I have this function $$f(x)=10x^2-5x+2, \qquad (1)$$ I plot it on the domain $(0,2)$ and this is the result
As can be seen, the function is symmetric over the domain $(0,0.5)$.
I need to know the form of the function which repeats this symmetric part over the domain like this
How can I use $(1)$ to find the explicit form of a function which gives the above plot?
Thanks in advance for any comments.
On
Note that your quadratic is $$f(x) = 10\left(x-\frac{1}{4}\right)^2+\frac{11}{8}$$
We just want to shift this function over to the right by half a unit every half unit interval, so the function
$$g(x)=10\left(x-\frac{2k+1}{4}\right)^2+\frac{11}{8}$$ if $x\in\left[\frac{k}{2},\frac{k+1}{2}\right)$ for some non-negative integer $k$ does the trick.
On
You may describe the wanted periodic function through its Fourier Series. On the wiki page towards the bottom, there is a table of common Fourier transforms and in particular for the $P$-periodic function $\frac{4A}{P^2}(x-\frac{P}2)^2$, $0\leq x\leq P$. All you have to do is to add the missing constant $f(P/2)$ to the series.

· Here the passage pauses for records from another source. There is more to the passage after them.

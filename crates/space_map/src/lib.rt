//! The pages of a process: a map from page numbers to entries.
#![tactic(auto)]

mod space;

pub use space::Space;
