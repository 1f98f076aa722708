// The processes by number, and the places of those that live.
ghost use Rattle.std.specs.Prelude.{◌≡◌, ◌<◌, ◌≤◌, ◌+◌, ◌-◌, ◌^◌, [], ◌∷◌, ◌++◌, length, map};
ghost use Rattle.std.specs.Prelude.{option_and_then, None, Some, true, false, is_some, is_none};
ghost use Rattle.std.specs.Prelude.{nat_le, position, slice_get, slice_index, slice_set, unwrap_or};
ghost use Rattle.std.specs.Prelude.{replicate, IfOk, IsSome, IfSome};
ghost use Rattle.std.specs.List.{list_any};
ghost use Rattle.dos_world.specs.Numbered.{changed, numbered};
ghost use Rattle.dos_world.specs.World.{all_holdings, look, on_holdings, was_collected};
ghost use Rattle.dos_world.specs.Kernel.{ended_by, orphaned, with_entry, without_entries};
ghost use Rattle.dos_world.specs.DescriptorCalls.{with_end};
ghost use Rattle.dos_world.specs.SignalCalls.{is_signal, with_action};
ghost use Rattle.space_map.specs.Mapping.{IsMapped, empty, in_run};
ghost use Rattle.proc_table.specs.Tables.{IsParent, IsProcess, end_named, entry_replaced, held_as};
ghost use Rattle.proc_table.specs.Tables.{held_in, last_status, new_process, run_put, run_shared};
ghost use Rattle.proc_table.specs.Tables.{ended_process, living_process};
ghost use Rattle.proc_table.specs.Tables.{run_unmapped, without_ends};
ghost use Rattle.proc_table.specs.Children.{after_wait, outcome};
ghost use Rattle.proc_table.specs.Places.{first_belongings, holdings_by, status_or_0};

use crate::collected::Collected;
use crate::record::{Belongings, Kept};
use crate::records::Records;
use dos_world::{End, Entry};
use space_map::Space;
use std::alloc::{AllocError, Global};
use std::marker::Model;

// how many processes may live
const MOST_PROCESSES: u32 = 32;

// A record for each number that was given. A process that lives holds a place, and what it has
// stands there.
#[derive(Drop)]
pub(crate) struct Processes {
    records: Records,
    holders: [Option<u32>; 32],
    spaces: Vec<Space>,
    belongings: Vec<Belongings>,
    live: u32,
    room: u32,
}

impl Model for Processes {
    ghost use Rattle.proc_table.specs.Places.{ArePlaced, Group, group_shown};

    ghost Value = { Group };

    ghost view = { λ p. group_shown p.spaces.items p.belongings.items p.records p.room };

    ghost invariant = { λ p.
        ArePlaced p.records p.holders p.spaces.items p.belongings.items p.live p.room };
}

With $P=0.5$, $A=10/16$ and $f(P/2)=11/8$ you wind up with the cosine series
$$ f(x) = \frac{38}{24} + \sum_{n\geq 1} \frac{5}{2\pi^2 n^2} \cos(4\pi n x)$$
The function is:
$$f(g(x)) = 10(|x| \text{ mod } {0.5})^2 - 5(|x| \text{ mod } {0.5})^2 + 2$$
where $g(x) = |x| \text{ mod } {0.5}$.
The function $h(x) = 10|x|^2 - 5|x| + 2$ is an even function which reflects the $x ≥ 0$ part of the function across the $y$-axis, as $h(-x) = h(x)$. Adding the modulo $0.5$, the function is reflected across $x = 0.5k, k \in \mathbb Z$ which repeats the function every $0.5$ units. This works for any real number, not just $0.5$.